_THE PROBLEM_.
What you need to produce from the material below is an exact transcription of the lines from the one with "item.entry ≡ items.Lexeme lexeme" through the one with "WhereNamedAgain lexeme.value.kind state.old", both included, and no other line.

_PROVIDED DATA_.
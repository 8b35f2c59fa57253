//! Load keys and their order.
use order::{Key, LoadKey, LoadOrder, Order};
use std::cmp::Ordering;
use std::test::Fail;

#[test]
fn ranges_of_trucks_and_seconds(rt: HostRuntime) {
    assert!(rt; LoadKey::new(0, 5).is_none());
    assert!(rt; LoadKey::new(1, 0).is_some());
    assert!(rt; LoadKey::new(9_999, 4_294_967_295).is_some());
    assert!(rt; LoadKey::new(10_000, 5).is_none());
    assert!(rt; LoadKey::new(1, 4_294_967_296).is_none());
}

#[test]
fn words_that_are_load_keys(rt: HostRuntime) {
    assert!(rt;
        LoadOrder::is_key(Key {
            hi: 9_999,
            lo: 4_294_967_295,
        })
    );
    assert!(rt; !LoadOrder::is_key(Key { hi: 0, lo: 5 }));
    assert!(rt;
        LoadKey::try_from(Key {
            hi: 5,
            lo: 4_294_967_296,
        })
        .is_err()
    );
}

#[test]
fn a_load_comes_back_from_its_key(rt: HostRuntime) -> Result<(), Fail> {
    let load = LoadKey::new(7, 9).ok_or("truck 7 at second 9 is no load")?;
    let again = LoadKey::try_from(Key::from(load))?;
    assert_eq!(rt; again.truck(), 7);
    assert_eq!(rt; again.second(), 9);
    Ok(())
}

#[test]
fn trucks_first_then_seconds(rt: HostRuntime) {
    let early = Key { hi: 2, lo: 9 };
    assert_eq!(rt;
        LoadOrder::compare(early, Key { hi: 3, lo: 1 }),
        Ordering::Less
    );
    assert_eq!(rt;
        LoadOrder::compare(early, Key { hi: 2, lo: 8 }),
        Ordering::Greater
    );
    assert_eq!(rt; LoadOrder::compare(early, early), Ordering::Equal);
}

==

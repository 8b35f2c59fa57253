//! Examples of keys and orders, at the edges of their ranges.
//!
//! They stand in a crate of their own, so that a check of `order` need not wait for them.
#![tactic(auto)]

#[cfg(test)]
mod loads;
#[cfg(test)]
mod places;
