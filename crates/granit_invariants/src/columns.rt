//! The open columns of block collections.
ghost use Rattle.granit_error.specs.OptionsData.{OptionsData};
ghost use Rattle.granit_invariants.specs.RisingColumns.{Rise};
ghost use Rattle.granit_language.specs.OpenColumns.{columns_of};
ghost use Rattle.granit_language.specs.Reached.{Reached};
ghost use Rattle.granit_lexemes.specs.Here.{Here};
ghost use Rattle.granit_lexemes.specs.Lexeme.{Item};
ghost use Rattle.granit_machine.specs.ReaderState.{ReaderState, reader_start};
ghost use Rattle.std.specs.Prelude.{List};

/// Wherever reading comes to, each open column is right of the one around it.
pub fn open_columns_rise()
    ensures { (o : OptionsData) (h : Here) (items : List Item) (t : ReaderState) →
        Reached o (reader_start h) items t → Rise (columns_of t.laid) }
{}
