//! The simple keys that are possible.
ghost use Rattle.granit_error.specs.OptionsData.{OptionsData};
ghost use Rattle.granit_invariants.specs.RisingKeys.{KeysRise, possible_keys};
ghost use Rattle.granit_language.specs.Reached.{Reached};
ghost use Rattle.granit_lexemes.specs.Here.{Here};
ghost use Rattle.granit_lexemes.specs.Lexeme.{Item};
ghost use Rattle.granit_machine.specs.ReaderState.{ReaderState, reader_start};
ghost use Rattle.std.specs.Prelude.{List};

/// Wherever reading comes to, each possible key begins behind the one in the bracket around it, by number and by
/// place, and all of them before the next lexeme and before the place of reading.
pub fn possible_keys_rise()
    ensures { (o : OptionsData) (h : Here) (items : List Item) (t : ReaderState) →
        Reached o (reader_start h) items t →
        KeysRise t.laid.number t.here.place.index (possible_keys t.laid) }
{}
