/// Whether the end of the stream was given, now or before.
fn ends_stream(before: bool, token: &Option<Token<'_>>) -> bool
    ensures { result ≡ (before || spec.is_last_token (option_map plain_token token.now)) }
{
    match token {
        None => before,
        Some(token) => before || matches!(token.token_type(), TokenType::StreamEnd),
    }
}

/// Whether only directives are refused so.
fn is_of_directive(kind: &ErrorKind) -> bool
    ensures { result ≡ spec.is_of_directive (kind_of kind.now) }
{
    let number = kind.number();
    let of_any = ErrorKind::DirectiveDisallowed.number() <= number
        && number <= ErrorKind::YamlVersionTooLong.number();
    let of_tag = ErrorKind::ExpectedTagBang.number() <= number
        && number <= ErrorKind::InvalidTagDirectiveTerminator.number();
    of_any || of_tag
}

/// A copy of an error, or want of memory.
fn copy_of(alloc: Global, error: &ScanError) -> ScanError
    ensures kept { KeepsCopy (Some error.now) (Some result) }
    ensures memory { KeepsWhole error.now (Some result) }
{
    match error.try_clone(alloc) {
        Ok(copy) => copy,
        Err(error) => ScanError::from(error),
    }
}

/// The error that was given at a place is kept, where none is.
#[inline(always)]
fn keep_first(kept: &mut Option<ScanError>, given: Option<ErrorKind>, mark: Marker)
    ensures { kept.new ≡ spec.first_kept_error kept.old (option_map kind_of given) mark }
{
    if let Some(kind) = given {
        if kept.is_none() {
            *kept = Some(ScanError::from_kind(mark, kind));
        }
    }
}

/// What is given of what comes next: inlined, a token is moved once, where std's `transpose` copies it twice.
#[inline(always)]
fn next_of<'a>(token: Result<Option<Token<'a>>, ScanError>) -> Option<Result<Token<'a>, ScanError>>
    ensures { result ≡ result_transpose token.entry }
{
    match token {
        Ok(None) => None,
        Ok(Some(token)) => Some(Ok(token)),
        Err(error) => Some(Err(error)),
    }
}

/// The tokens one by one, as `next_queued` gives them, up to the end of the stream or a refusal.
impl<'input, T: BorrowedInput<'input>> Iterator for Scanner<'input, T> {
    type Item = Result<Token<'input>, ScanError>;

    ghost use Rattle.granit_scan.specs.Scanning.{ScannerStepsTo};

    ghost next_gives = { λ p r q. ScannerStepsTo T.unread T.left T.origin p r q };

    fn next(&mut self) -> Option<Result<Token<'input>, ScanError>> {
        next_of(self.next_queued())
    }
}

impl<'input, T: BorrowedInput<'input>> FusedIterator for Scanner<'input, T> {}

---

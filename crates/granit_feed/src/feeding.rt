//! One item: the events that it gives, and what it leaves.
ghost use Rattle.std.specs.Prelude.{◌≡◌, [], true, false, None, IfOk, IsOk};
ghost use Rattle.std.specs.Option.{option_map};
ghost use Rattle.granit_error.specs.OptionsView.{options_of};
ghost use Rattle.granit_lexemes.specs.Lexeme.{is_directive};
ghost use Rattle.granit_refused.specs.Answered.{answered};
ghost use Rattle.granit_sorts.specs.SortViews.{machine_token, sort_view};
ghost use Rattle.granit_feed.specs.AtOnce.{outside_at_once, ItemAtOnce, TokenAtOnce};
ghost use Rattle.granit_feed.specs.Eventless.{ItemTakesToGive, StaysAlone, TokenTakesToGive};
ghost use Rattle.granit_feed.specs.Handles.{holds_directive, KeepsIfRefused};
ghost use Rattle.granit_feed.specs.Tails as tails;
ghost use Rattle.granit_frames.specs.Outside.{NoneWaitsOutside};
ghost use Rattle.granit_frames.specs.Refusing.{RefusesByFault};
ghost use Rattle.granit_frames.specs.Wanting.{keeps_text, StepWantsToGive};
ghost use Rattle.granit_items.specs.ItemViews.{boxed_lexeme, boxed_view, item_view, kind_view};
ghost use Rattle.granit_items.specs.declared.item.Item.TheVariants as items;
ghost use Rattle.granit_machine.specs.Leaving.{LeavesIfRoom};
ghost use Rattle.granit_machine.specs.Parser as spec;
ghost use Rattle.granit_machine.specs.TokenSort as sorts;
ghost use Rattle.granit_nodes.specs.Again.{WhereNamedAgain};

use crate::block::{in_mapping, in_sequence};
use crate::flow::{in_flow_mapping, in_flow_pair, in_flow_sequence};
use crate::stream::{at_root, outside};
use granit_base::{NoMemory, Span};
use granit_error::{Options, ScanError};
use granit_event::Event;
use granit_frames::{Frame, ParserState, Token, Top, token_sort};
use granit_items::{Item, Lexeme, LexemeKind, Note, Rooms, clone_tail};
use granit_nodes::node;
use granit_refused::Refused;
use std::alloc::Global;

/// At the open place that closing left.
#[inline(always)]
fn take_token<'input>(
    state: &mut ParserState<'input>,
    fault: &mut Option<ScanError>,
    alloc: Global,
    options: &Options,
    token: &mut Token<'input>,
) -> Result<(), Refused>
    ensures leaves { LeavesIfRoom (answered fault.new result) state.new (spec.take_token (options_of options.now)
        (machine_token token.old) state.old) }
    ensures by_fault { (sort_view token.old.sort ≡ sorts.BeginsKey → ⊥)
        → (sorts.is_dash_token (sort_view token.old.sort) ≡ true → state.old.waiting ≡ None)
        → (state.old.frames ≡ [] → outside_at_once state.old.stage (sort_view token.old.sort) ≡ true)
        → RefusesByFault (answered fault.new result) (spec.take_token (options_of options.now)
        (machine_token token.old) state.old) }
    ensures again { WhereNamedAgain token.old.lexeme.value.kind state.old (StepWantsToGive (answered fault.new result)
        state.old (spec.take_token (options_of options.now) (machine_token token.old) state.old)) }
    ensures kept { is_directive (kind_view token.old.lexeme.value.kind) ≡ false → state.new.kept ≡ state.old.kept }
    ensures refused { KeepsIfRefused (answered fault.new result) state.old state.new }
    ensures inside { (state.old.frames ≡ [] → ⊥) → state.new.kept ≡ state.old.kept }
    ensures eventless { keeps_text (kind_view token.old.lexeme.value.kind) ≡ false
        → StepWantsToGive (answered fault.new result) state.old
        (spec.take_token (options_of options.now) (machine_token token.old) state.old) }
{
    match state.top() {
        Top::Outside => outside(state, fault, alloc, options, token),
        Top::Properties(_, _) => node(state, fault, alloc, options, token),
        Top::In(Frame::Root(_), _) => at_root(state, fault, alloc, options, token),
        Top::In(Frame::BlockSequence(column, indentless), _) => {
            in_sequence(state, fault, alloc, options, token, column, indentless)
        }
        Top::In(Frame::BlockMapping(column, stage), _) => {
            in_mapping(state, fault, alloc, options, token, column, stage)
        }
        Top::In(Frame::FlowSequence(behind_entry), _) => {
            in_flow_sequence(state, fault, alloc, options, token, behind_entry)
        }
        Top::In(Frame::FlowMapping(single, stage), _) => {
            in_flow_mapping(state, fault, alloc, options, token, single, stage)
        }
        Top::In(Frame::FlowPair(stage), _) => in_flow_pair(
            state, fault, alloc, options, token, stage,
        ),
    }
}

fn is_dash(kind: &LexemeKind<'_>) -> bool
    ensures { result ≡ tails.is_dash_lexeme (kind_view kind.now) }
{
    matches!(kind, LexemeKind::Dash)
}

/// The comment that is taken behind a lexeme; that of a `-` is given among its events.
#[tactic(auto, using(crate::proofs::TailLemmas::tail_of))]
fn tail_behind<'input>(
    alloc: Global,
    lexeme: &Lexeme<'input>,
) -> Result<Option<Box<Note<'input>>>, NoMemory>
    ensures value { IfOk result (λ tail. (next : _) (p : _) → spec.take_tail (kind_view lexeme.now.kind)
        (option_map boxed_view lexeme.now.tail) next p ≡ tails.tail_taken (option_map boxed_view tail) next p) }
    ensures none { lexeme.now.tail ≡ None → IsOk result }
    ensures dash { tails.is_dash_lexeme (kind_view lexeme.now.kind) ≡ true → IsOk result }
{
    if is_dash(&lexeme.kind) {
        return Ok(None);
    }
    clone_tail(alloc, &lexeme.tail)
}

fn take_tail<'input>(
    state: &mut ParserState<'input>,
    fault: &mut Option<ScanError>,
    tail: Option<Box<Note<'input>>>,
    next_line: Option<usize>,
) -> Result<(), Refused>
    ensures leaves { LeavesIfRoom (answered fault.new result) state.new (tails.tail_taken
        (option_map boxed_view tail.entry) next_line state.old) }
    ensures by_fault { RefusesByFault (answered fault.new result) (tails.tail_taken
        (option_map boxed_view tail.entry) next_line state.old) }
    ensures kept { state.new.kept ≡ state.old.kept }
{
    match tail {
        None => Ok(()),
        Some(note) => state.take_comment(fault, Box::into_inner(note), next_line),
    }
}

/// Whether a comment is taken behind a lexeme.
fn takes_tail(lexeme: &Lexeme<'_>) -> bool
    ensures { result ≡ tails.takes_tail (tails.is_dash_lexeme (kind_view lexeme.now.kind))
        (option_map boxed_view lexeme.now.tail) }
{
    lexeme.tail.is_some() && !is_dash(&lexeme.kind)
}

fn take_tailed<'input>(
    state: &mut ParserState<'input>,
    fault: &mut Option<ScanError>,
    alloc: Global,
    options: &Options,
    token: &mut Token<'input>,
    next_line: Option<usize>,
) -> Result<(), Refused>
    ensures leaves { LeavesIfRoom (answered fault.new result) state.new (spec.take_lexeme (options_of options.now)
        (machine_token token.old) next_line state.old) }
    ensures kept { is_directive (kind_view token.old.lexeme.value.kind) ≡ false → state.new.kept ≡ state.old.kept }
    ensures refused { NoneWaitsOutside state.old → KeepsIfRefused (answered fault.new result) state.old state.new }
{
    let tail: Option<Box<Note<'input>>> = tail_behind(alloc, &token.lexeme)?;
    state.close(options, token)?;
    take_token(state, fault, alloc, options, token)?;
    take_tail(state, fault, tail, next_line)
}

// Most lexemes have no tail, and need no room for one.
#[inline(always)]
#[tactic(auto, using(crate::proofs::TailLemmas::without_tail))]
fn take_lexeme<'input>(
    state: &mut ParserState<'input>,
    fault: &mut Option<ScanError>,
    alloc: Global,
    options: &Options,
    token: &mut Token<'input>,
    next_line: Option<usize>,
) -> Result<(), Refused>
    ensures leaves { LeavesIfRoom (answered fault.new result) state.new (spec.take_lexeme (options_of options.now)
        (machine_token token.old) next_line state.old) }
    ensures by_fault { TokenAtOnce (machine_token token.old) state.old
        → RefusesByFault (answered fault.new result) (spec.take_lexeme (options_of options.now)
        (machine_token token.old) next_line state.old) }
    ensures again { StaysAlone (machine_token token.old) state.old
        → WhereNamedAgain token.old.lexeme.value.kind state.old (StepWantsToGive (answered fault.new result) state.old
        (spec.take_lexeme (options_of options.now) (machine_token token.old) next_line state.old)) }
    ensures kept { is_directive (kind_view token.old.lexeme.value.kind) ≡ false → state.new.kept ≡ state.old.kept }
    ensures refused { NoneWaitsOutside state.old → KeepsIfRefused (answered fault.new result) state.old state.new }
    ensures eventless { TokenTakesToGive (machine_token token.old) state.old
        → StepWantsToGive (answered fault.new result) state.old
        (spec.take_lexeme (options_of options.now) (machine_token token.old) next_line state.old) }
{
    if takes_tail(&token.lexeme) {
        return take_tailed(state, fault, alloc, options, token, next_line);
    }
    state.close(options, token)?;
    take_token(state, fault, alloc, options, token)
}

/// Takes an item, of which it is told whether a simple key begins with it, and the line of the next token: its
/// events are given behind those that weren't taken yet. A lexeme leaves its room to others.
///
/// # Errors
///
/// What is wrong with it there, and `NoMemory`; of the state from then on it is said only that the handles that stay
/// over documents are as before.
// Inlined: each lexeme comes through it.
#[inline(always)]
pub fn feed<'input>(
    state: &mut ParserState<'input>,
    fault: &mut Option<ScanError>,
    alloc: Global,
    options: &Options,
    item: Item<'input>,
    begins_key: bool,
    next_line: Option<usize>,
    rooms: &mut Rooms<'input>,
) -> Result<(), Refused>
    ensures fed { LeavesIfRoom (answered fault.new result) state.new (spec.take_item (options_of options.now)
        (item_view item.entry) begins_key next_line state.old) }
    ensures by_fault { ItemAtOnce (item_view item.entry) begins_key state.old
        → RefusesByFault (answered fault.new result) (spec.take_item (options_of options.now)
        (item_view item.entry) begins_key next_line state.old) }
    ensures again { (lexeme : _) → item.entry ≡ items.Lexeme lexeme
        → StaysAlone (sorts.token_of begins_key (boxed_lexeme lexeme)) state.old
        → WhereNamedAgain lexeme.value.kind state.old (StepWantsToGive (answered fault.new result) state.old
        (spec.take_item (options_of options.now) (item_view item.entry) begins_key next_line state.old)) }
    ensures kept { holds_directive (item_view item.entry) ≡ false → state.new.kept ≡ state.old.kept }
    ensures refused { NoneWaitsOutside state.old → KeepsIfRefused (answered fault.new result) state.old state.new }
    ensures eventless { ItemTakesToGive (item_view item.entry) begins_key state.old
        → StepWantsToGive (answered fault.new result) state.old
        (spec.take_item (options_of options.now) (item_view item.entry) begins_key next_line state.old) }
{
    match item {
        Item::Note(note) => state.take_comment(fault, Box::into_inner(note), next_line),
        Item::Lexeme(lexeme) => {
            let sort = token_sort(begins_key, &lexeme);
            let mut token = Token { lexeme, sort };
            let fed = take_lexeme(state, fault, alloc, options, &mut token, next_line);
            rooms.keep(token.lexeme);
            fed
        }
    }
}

_EXERCISE RESPONSE_.
    ensures again { (lexeme : _) → item.entry ≡ items.Lexeme lexeme
        → StaysAlone (sorts.token_of begins_key (boxed_lexeme lexeme)) state.old
        → WhereNamedAgain lexeme.value.kind state.old (StepWantsToGive (answered fault.new result) state.old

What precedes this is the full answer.